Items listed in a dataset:
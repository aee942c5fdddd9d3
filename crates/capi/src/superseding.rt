//! Exported to C and Rust: which of two masks supersedes the other. The C interface has no references: the part of the bytes is returned
//! as the slice that it is of, its first byte and the byte past its last.
#![tactic(auto, using(masks::proofs::refusal::ClauseLaws::answered), unfolding(crate::specs::Answers::as_part, masks::specs::equations::Superseding::superseding_of))]

ghost use Rattle.std.specs.Prelude.{◌≡◌, cond};
ghost use Rattle.masks.specs.equations.Answer.{answer};
ghost use Rattle.masks.specs.Superseding.{within};
ghost use Rattle.masks.specs.equations.Superseding.{bytes_of, superseding_of};
ghost use Rattle.capi.specs.Answers.{as_part};
ghost use Rattle.capi.specs.Records.{mask_in};

use crate::answers::PartAnswer;
use crate::records::Mask;
use masks::refusal::Refusal;
use masks::superseding::{Winner, superseding_part};

impl From<Result<Winner, Refusal>> for PartAnswer {
    ghost from_gives = { λ r a. a ≡ as_part (answer r) };

    fn from(r: Result<Winner, Refusal>) -> PartAnswer {
        match r {
            Ok(part) => PartAnswer {
                refusal: 0,
                second: part.second,
                from: part.from,
                to: part.to,
                mask: part.mask.into(),
            },
            Err(e) => PartAnswer {
                refusal: e.into(),
                ..PartAnswer::default()
            },
        }
    }
}

/// Returns the winner of two masks of one operator, the one with the larger serial, over the part of its bytes that holds it. With equal
/// serials and equal flags the first wins; with equal serials and different flags the call is refused with 14. Both masks are checked,
/// the loser too.
///
/// ```
/// use poruwhina::calls::{Mask, superseding, try_new};
///
/// let bytes = [0x2D];
/// let six = try_new(&bytes, 0, 6).mask;
/// let four = Mask { serial: 1, ..try_new(&bytes, 2, 4).mask };
/// assert!(superseding(six, &bytes, four, &bytes).second);
/// assert_eq!(superseding(six, &bytes, Mask { serial: 0, ..four }, &bytes).refusal, 14);
/// ```
#[unsafe(no_mangle)]
pub extern "C" fn pw_superseding(
    first: Mask,
    first_bytes: &[u8],
    second: Mask,
    second_bytes: &[u8],
) -> PartAnswer
    ensures answer { result ≡ as_part (superseding_of (mask_in first) first_bytes.now (mask_in second) second_bytes.now) }
    ensures part { within result.from result.to (cond result.second second_bytes.now first_bytes.now)
        ≡ bytes_of (superseding_of (mask_in first) first_bytes.now (mask_in second) second_bytes.now)
        first_bytes.now second_bytes.now }
{
    superseding_part(first.into(), first_bytes, second.into(), second_bytes).into()
}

== TASK INSTRUCTIONS ==
Output the data once more, exactly as it appears above.

== RESPONSE ==
repository aee942c5fdddd9d3
filename crates/capi/src/superseding.rt
//! Exported to C and Rust: which of two masks supersedes the other. The C interface has no references: the part of the bytes is returned
//! as the slice that it is of, its first byte and the byte past its last.
#![tactic(auto, using(masks::proofs::refusal::ClauseLaws::answered), unfolding(crate::specs::Answers::as_part, masks::specs::equations::Superseding::superseding_of))]

ghost use Rattle.std.specs.Prelude.{◌≡◌, cond};
ghost use Rattle.masks.specs.equations.Answer.{answer};
ghost use Rattle.masks.specs.Superseding.{within};
ghost use Rattle.masks.specs.equations.Superseding.{bytes_of, superseding_of};
ghost use Rattle.capi.specs.Answers.{as_part};
ghost use Rattle.capi.specs.Records.{mask_in};

use crate::answers::PartAnswer;
use crate::records::Mask;
use masks::refusal::Refusal;
use masks::superseding::{Winner, superseding_part};

impl From<Result<Winner, Refusal>> for PartAnswer {
    ghost from_gives = { λ r a. a ≡ as_part (answer r) };

    fn from(r: Result<Winner, Refusal>) -> PartAnswer {
        match r {
            Ok(part) => PartAnswer {
                refusal: 0,
                second: part.second,
                from: part.from,
                to: part.to,
                mask: part.mask.into(),
            },
            Err(e) => PartAnswer {
                refusal: e.into(),
                ..PartAnswer::default()
            },
        }
    }
}

/// Returns the winner of two masks of one operator, the one with the larger serial, over the part of its bytes that holds it. With equal
/// serials and equal flags the first wins; with equal serials and different flags the call is refused with 14. Both masks are checked,
/// the loser too.
///
/// ```
/// use poruwhina::calls::{Mask, superseding, try_new};
///
/// let bytes = [0x2D];
/// let six = try_new(&bytes, 0, 6).mask;
/// let four = Mask { serial: 1, ..try_new(&bytes, 2, 4).mask };
/// assert!(superseding(six, &bytes, four, &bytes).second);
/// assert_eq!(superseding(six, &bytes, Mask { serial: 0, ..four }, &bytes).refusal, 14);
/// ```
#[unsafe(no_mangle)]
pub extern "C" fn pw_superseding(
    first: Mask,
    first_bytes: &[u8],
    second: Mask,
    second_bytes: &[u8],
) -> PartAnswer
    ensures answer { result ≡ as_part (superseding_of (mask_in first) first_bytes.now (mask_in second) second_bytes.now) }
    ensures part { within result.from result.to (cond result.second second_bytes.now first_bytes.now)
        ≡ bytes_of (superseding_of (mask_in first) first_bytes.now (mask_in second) second_bytes.now)
        first_bytes.now second_bytes.now }
{
    superseding_part(first.into(), first_bytes, second.into(), second_bytes).into()
}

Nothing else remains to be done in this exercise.